Language-learning startup Preply has raised $150 million in new funding, pushing its valuation to $1.2 billion and cementing its place among the latest EdTech unicorns. The Series D round was led by growth equity firm WestCap, signaling renewed investor confidence in education platforms that prioritize real human interaction—even as AI reshapes the sector.
The raise comes at a moment when language learning is surging worldwide. Remote work, cross-border hiring, and global migration have turned conversational fluency into a professional necessity rather than a nice-to-have. Preply is betting that the next phase of growth won’t be driven by gamified apps alone, but by platforms that blend technology with human connection.

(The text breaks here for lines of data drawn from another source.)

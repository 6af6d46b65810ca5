ghost use Rattle.wa_ops.specs.HookRules.{RulesByName};

/// The law that a module which meets the list of rules meets each rule by its name.
pub fn rules_by_name()
    ensures law { RulesByName }
{}
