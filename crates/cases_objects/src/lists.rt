//! Lists of fields: reading, finding and building.
use crate::field;
use cases::{CaseFault, Words, hex};
use xo_list::{
    ObjectBuilder, check_object, count_elements, element, find_field, locate, read_elements,
    read_object, skip_elements,
};

/// What bytes read as, or what is built.
pub fn read(call: &str, words: &mut Words<'_>) -> Result<String, CaseFault> {
    if call == "build" {
        return built(words);
    }
    let bytes = words.bytes()?;
    match call {
        "check" => Ok(format!(in words.alloc; "{:?}", check_object(&bytes))?),
        "elements" => Ok(format!(in words.alloc; "{:?}", read_elements(words.alloc, &bytes))?),
        _ => match read_object(words.alloc, &bytes) {
            Ok(object) => Ok(format!(in words.alloc; "{:?}", object.items())?),
            Err(fault) => Ok(format!(in words.alloc; "{fault:?}")?),
        },
    }
}

// The bytes of so many fields that are put, behind the faults of those that aren't.
fn built(words: &mut Words<'_>) -> Result<String, CaseFault> {
    let count: u32 = words.value()?;
    let mut builder = ObjectBuilder::new(words.alloc);
    let mut text = String::new(words.alloc);
    for _ in 0..count {
        let field = field(words)?;
        let value = words.bytes()?;
        if let Err(fault) = builder.put(field, &value) {
            text = format!(in words.alloc; "{text}{fault:?} ")?;
        }
    }
    let object = builder.finish()?;
    Ok(format!(in words.alloc; "{text}{}", hex(words.alloc, object.bytes())?)?)
}

/// Where a field of an object stands.
pub fn found(call: &str, words: &mut Words<'_>) -> Result<String, CaseFault> {
    let bytes = words.bytes()?;
    let field = field(words)?;
    match check_object(&bytes) {
        Err(_) => Err(CaseFault::BadCase),
        Ok(()) => match call {
            "find" => Ok(format!(in words.alloc; "{:?}", find_field(&bytes, field))?),
            _ => Ok(format!(in words.alloc; "{:?}", locate(&bytes, field))?),
        },
    }
}

/// Where an element of an array stands, and how many there are.
pub fn passed(call: &str, words: &mut Words<'_>) -> Result<String, CaseFault> {
    let bytes = words.bytes()?;
    let index = words.value()?;
    match read_elements(words.alloc, &bytes) {
        Err(_) => Err(CaseFault::BadCase),
        Ok(_) => match call {
            "element" => Ok(format!(in words.alloc; "{:?}", element(&bytes, index))?),
            "skip" => Ok(format!(in words.alloc; "{:?}", skip_elements(&bytes, index))?),
            _ if bytes.len() < 4_294_967_296 => {
                Ok(format!(in words.alloc; "{}", count_elements(&bytes))?)
            }
            _ => Err(CaseFault::BadCase),
        },
    }
}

Scaling live tutoring, not replacing it
Founded in 2012, Preply operates what it calls the world’s largest marketplace for live language tutoring. The platform connects more than 100,000 tutors with learners in 180 countries, offering lessons across 90-plus languages.
What differentiates Preply in a crowded market is its insistence on keeping humans at the center. While many language apps lean heavily on automation, Preply’s model revolves around one-on-one sessions with real tutors. AI plays a supporting role, not the starring one.

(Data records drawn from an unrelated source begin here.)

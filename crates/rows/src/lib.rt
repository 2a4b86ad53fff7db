// The routes of a prefix, and its rows that are still kept, as a list of row numbers. Every step keeps the listed rows that pass a
// test, or those with the least or the greatest key, and packs them into the front of the list.
#![tactic(auto)]

ghost use Rattle.std.specs.Prelude.{ℕ, Bool, ◌≡◌, ◌-◌, ◌≤◌, ◌<◌, length, get_or, replicate, eqb};
ghost use Rattle.model.specs.Rows.{keep, span, column, greatest, keep_least, keep_greatest};
ghost use Rattle.model.specs.Decision.{none};
ghost use Rattle.model.specs.Contest.{least_or};
ghost use Rattle.model.specs.Lent.{Inside, Packed};
ghost use Rattle.model.specs.Columns.{most_rows, past_keys};
ghost use Rattle.model.specs.Listing.{gathered};
ghost use Rattle.rows.specs.Lent.{columns_in, cut, Reaches, Each, Gives};

// The most routes of a prefix.
pub const MOST_ROWS: usize = 256;

// The most routers; also the stride of the table of distances.
pub const MOST_ROUTERS: usize = 64;

// No row.
pub const NONE: u16 = 65535;

// No key is above it.
pub const PAST_KEYS: u32 = 4294967295;

// The routes of a prefix: a column for each field, with a MED stored as it counts.
#[derive(Clone, Copy)]
pub struct Routes<'a> {
    pub router: &'a [u32],
    pub asn: &'a [u32],
    pub preference: &'a [u32],
    pub path: &'a [u32],
    pub origin: &'a [u32],
    pub med: &'a [u32],
    pub nid: &'a [u32],
    pub peer: &'a [u32],
}

// What a prefix is decided on: the routers' ids, the table of distances and the routes.
#[derive(Clone, Copy)]
pub struct Mesh<'a> {
    pub ids: &'a [u32],
    pub distances: &'a [u32],
    pub routes: Routes<'a>,
}

impl<'a> Routes<'a> {
    // The routes from one row to another.
    pub fn part(&self, first: usize, end: usize) -> Routes<'a>
        requires { (first ≤ end) × Reaches end (columns_in self.now) }
        ensures { columns_in result ≡ cut first (end - first) (columns_in self.now) }
    {
        Routes {
            router: &self.router[first..end],
            asn: &self.asn[first..end],
            preference: &self.preference[first..end],
            path: &self.path[first..end],
            origin: &self.origin[first..end],
            med: &self.med[first..end],
            nid: &self.nid[first..end],
            peer: &self.peer[first..end],
        }
    }
}

// Room for a list of all rows, that lists none.
pub fn unlisted() -> [u16; MOST_ROWS]
    ensures { result ≡ replicate most_rows none }
{
    [NONE; MOST_ROWS]
}

// A number for each row, or bucket, that no key is above.
pub fn past() -> [u32; MOST_ROWS]
    ensures { result ≡ replicate most_rows past_keys }
{
    [PAST_KEYS; MOST_ROWS]
}

// Of the listed rows, those that pass a test: packed into the front of the list, so many.
pub fn keep<F: Fn(usize) -> bool>(rows: &mut [u16], test: F) -> usize
    requires { Each (F.pre test) rows.old }
    ensures { (t : ℕ → Bool) → Gives (F.post test) t rows.old → Packed result rows.old rows.new (keep t rows.old) }
{
    let mut n = 0;
    // By index: the list is packed in place, so it is written while it is read.
    for i in 0..rows.len() {
        let q = rows[i];
        if test(q as usize) {
            rows[n] = q;
            n += 1;
        }
    }
    n
}

// The least key of the listed rows; the greatest number where none is listed.
fn least_key<F: Fn(usize) -> u32>(rows: &[u16], key: F) -> u32
    requires { Each (F.pre key) rows.now }
    ensures { (k : ℕ → ℕ) → Gives (F.post key) k rows.now → (result ≡ least_or past_keys k rows.now) × Each (λ q. k q ≤ past_keys) rows.now }
{
    let mut low = PAST_KEYS;
    for q in rows {
        low = low.min(key(*q as usize));
    }
    low
}

// Of the listed rows, those whose key is the least.
pub fn keep_lowest<F: Fn(usize) -> u32>(rows: &mut [u16], key: F) -> usize
    requires { Each (F.pre key) rows.old }
    ensures { (k : ℕ → ℕ) → Gives (F.post key) k rows.old → Packed result rows.old rows.new (keep_least k rows.old) }
{
    let low = least_key(rows, &key);
    keep(
        rows,
        |q|
            requires { F.pre key q }
            ensures { (v : ℕ) × F.post key q v × (result ≡ eqb v low) }
        { key(q) == low },
    )
}

// The greatest key of the listed rows; 0 where none is listed.
fn greatest_key<F: Fn(usize) -> u32>(rows: &[u16], key: F) -> u32
    requires { Each (F.pre key) rows.now }
    ensures { (k : ℕ → ℕ) → Gives (F.post key) k rows.now → result ≡ greatest k rows.now }
{
    let mut high = 0;
    for q in rows {
        high = high.max(key(*q as usize));
    }
    high
}

// Of the listed rows, those whose key is the greatest.
pub fn keep_highest<F: Fn(usize) -> u32>(rows: &mut [u16], key: F) -> usize
    requires { Each (F.pre key) rows.old }
    ensures { (k : ℕ → ℕ) → Gives (F.post key) k rows.old → Packed result rows.old rows.new (keep_greatest k rows.old) }
{
    let high = greatest_key(rows, &key);
    keep(
        rows,
        |q|
            requires { F.pre key q }
            ensures { (v : ℕ) × F.post key q v × (result ≡ eqb v high) }
        { key(q) == high },
    )
}

// Lists every row.
pub fn keep_all(rows: &mut [u16])
    requires { length rows.old ≤ most_rows }
    ensures { rows.new ≡ span 0 (length rows.old) }
{
    for (i, row) in rows.iter_mut().enumerate() {
        *row = i as u16;
    }
}

// The first listed row, or none.
pub fn first(rows: &[u16]) -> u16
    ensures { result ≡ get_or rows.now 0 none }
{
    rows.first().copied().unwrap_or(NONE)
}

// The keys of the listed rows, in the order of the list.
pub fn gather(key: &[u32], rows: &[u16], out: &mut [u32])
    requires { Inside (length key.now) rows.now × (length out.old ≡ length rows.now) }
    ensures { out.new ≡ gathered key.now rows.now }
{
    for (i, q) in rows.iter().enumerate() {
        out[i] = key[*q as usize];
    }
}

Behind the scenes, the company uses an AI “co-pilot” to help tutors track learner progress, organize materials, and generate insights. The idea is to remove administrative friction while leaving the core learning experience—conversation, feedback, and motivation—in human hands.
A founder story rooted in frustration
Preply’s origins are personal. Co-founders Kirill Bigai, Dmytro Voloshyn, and Sergey Lukyanov started the company after experiencing firsthand how traditional language education often falls apart in real-world settings.

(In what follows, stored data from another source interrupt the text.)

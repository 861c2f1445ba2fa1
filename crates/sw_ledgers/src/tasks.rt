//! The addAlls, by their numbers.

ghost use Rattle.std.specs.Prelude.{◌≡◌, ◌≤◌, ◌++◌, ◌∷◌, ◌-◌, ◌&&◌, [], true, bytes_eq, drop, find, length, is_none, map, Some, None, option_map, IfOk};
ghost use Rattle.std.specs.List.{list_any, range_with_len};
ghost use Rattle.std.specs.Option.{option_copied};
ghost use Rattle.sw_rules.specs.Rows.{changed, is_task};
ghost use Rattle.sw_ledgers.specs.Tasks.{FitsTask, has_task, row_of};

use std::alloc::Global;
use std::marker::Model;
use sw_data::{Items, NoMemory, Request, Settlement, Text, Who};
use sw_list::{Flags, Tally};

/// An addAll, with its value where it has settled.
#[derive(Drop)]
pub struct TaskRow {
    pub number: u32,
    pub maker: Who,
    pub key: Text,
    pub name: Text,
    pub requests: Items<Request>,
    /// The drawn numbers of its fetches, in the order of its requests.
    pub fetches: Items<u32>,
    pub settled: Option<Settlement>,
}

/// The addAlls in order of making, where an addAll's number is its place. The hash of a key is fixed, so keys can be
/// chosen that collide.
#[derive(Drop)]
pub struct Tasks {
    rows: Vec<TaskRow>,
    // Which of them have not settled.
    unsettled: Flags,
    // The keys of those.
    keys: Tally,
}

impl Model for Tasks {
    ghost use Rattle.std.specs.Prelude.{◌-◌, map, min};
    ghost use Rattle.std.specs.Vec.{vec_len, vec_capacity};
    ghost use Rattle.sw_ledgers.specs.Tasks.{TellsUnsettled, Table, row_of};

    ghost Value = { Table };

    ghost view = { λ tasks. record {
      rows = map row_of tasks.rows.items;
      spare = min (min (vec_capacity tasks.rows - vec_len tasks.rows) tasks.unsettled.spare)
          tasks.keys.spare;
    } };

    ghost invariant = { λ tasks. TellsUnsettled tasks.rows.items tasks.unsettled.flags tasks.keys };
}

/// A finished row of an addAll, which isn't in the table yet.
#[derive(Drop)]
pub struct NewTask {
    row: TaskRow,
    // A copy of its key, for the tally.
    key: Text,
}

impl Model for NewTask {
    ghost use Rattle.sw_rules.specs.State.{AddAll};
    ghost use Rattle.sw_ledgers.specs.Tasks.{IsNewTask, row_of};

    ghost Value = { AddAll };

    ghost view = { λ new. row_of new.row };

    ghost invariant = { λ new. IsNewTask new.row new.key };
}

impl NewTask {
    /// The number that the addAll will have. It takes no memory.
    pub fn number(&self) -> u32
        ensures { result ≡ self.now.number }
    {
        self.row.number
    }

    /// The same addAll with these numbers of its fetches. It takes no memory.
    pub fn with_fetches(self, fetches: Items<u32>) -> NewTask
        ensures { result ≡ record self { fetches = fetches } }
    {
        let NewTask { mut row, key } = self;
        row.fetches = fetches;
        NewTask { row, key }
    }
}

impl Tasks {
    /// No addAlls. It takes no memory.
    pub fn new(alloc: Global) -> Tasks
        ensures { result.rows ≡ [] }
    {
        Tasks {
            rows: Vec::new(alloc),
            unsettled: Flags::new(alloc),
            keys: Tally::new(alloc),
        }
    }

    /// How many addAlls there are. It takes no memory.
    #[tactic(auto, using(crate::proofs::Tasking::many_rows))]
    pub fn len(&self) -> u32
        ensures { result ≡ length self.now.rows }
    {
        self.rows.len() as u32
    }

    /// The rows of all addAlls, by their numbers. It takes no memory.
    pub fn rows(&self) -> &[TaskRow]
        ensures { map row_of result.now ≡ self.now.rows }
    {
        &self.rows
    }

    /// Each addAll stands at its number.
    #[tactic(auto, using(crate::proofs::Tasking::numbers_are_places))]
    pub fn are_numbered(&self)
        ensures { map (λ row. row.number) self.now.rows
            ≡ range_with_len 0 (length self.now.rows) }
    {
        let _ = &self.rows;
    }

    /// The row of an addAll. It takes no memory.
    #[tactic(auto, using(crate::proofs::Tasking::row_here, crate::proofs::Tasking::row_gone))]
    pub fn row(&self, task: u32) -> Option<&TaskRow>
        ensures { option_map row_of (option_copied result) ≡ find (is_task task) self.now.rows }
    {
        let place = task as usize;
        if place < self.rows.len() {
            Some(&self.rows[place])
        } else {
            None
        }
    }

    /// The first addAll at or behind a number that has not settled. It takes no memory, and time in the number of the
    /// blocks of flags and in the length of two of them.
    #[tactic(auto, using(crate::proofs::Tasking::next_found))]
    pub fn next_unsettled(&self, from: u32) -> Option<&TaskRow>
        ensures { option_map row_of (option_copied result)
            ≡ find (λ row. is_none row.settled) (drop from self.now.rows) }
    {
        self.unsettled.first_row(&self.rows, from as usize)
    }

    /// Whether an addAll of a key has not settled. It takes no memory.
    pub fn has_unsettled_of(&self, key: &Text) -> bool
        ensures { result ≡ list_any (λ row. is_none row.settled && bytes_eq row.key key.now)
            self.now.rows }
    {
        self.keys.has(key)
    }

    /// Makes room for an addAll, and its row.
    #[tactic(auto, using(crate::proofs::Tasking::many_rows))]
    pub fn make_row(
        &mut self,
        alloc: Global,
        maker: Who,
        key: &Text,
        name: &Text,
        requests: Items<Request>,
        fetches: Items<u32>,
    ) -> Result<NewTask, NoMemory>
        ensures same { self.new.rows ≡ self.old.rows }
        ensures room { self.old.spare ≤ self.new.spare }
        ensures row { IfOk result (λ new. new ≡ record {
          number = length self.old.rows;
          maker = maker;
          key = key.now;
          name = name.now;
          requests = requests;
          fetches = fetches;
          settled = None;
        }) }
        ensures fits { IfOk result (λ new. FitsTask new self.new) }
    {
        let number = match u32::try_from(self.rows.len()) {
            Ok(number) if number < u32::MAX => number,
            _ => return Err(NoMemory),
        };
        self.rows.reserve(1)?;
        self.unsettled.make_room()?;
        self.keys.make_room()?;
        Ok(NewTask {
            row: TaskRow {
                number,
                maker,
                key: key.copy(alloc)?,
                name: name.copy(alloc)?,
                requests,
                fetches,
                settled: None,
            },
            key: key.copy(alloc)?,
        })
    }

    /// Adds an addAll whose row was made, and gives its number. It takes no memory.
    #[tactic(auto, using(crate::proofs::Tasking::kept_more, crate::proofs::Tasking::rows_more))]
    pub fn make_put(&mut self, row: NewTask) -> u32
        requires { FitsTask row self.old }
        ensures put { self.new ≡ record {
          rows = self.old.rows ++ row ∷ [];
          spare = self.old.spare - 1;
        } }
        ensures number { result ≡ length self.old.rows }
    {
        let number = row.row.number;
        self.unsettled.add(true);
        self.keys.add(row.key);
        self.rows.push_reserved(row.row);
        number
    }

    /// An addAll that has not settled gets its value, and it alone: its number is its place. It takes no memory.
    #[tactic(auto, using(crate::proofs::Tasking::within))]
    pub fn settle(&mut self, task: u32, value: Settlement)
        requires { has_task (λ row. is_none row.settled) task self.old.rows ≡ true }
        ensures rows { self.new ≡ record self.old {
          rows = changed (is_task task) (λ row. record row { settled = Some value }) self.old.rows;
        } }
        ensures places { map (λ row. row.number) self.old.rows
            ≡ range_with_len 0 (length self.old.rows) }
    {
        let place = task as usize;
        let row = &mut self.rows[place];
        row.settled = Some(value);
        self.keys.take(&row.key);
        self.unsettled.set(place, false);
    }
}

Bigai has spoken openly about struggling to follow everyday conversations after moving abroad—despite years of formal study. That gap between textbook knowledge and real communication became the foundation of Preply’s approach: learning that’s practical, personal, and adaptable.
Why investors are paying attention now
EdTech has had a volatile few years. Pandemic-era growth cooled, funding tightened, and investors became more selective. Preply’s raise stands out because it reflects a shift in what backers are looking for.
Rather than chasing pure automation, investors appear increasingly interested in platforms that show sustainable engagement and clear outcomes. Preply’s structured tutoring model, recurring usage, and global scale fit that profile.
The involvement of WestCap—known for backing companies with long-term operational discipline—adds weight to the bet that education platforms can grow without sacrificing quality or trust.
How it stacks up against rivals
Language-learning giants like Duolingo and Babbel dominate self-paced learning, while iTalki offers flexible access to tutors.
Preply positions itself somewhere in between: more structured than open marketplaces, more human than app-first platforms. Its focus is less on quick streaks and more on long-term confidence—especially for learners using language professionally.
What’s next for Preply
With fresh capital, Preply plans to expand its global footprint, invest more deeply in AI and data science, and grow its product and engineering teams. The company says it will continue refining personalization so lessons adapt more closely to individual goals, industries, and learning styles.
Hiring is a major priority. Preply expects to bring on around 100 new engineers over the next year, doubling down on R&D rather than flashy marketing.
The bigger takeaway
Preply’s unicorn moment reflects a broader recalibration in EdTech. As AI becomes ubiquitous, the most valuable platforms may be those that know where not to automate.
In language learning, where confidence, culture, and nuance matter, Preply is betting that technology works best when it stays in the background—quietly helping humans do what they already do best.
Conclusion
In an era obsessed with AI replacing people, Preply just raised $150 million by arguing the opposite.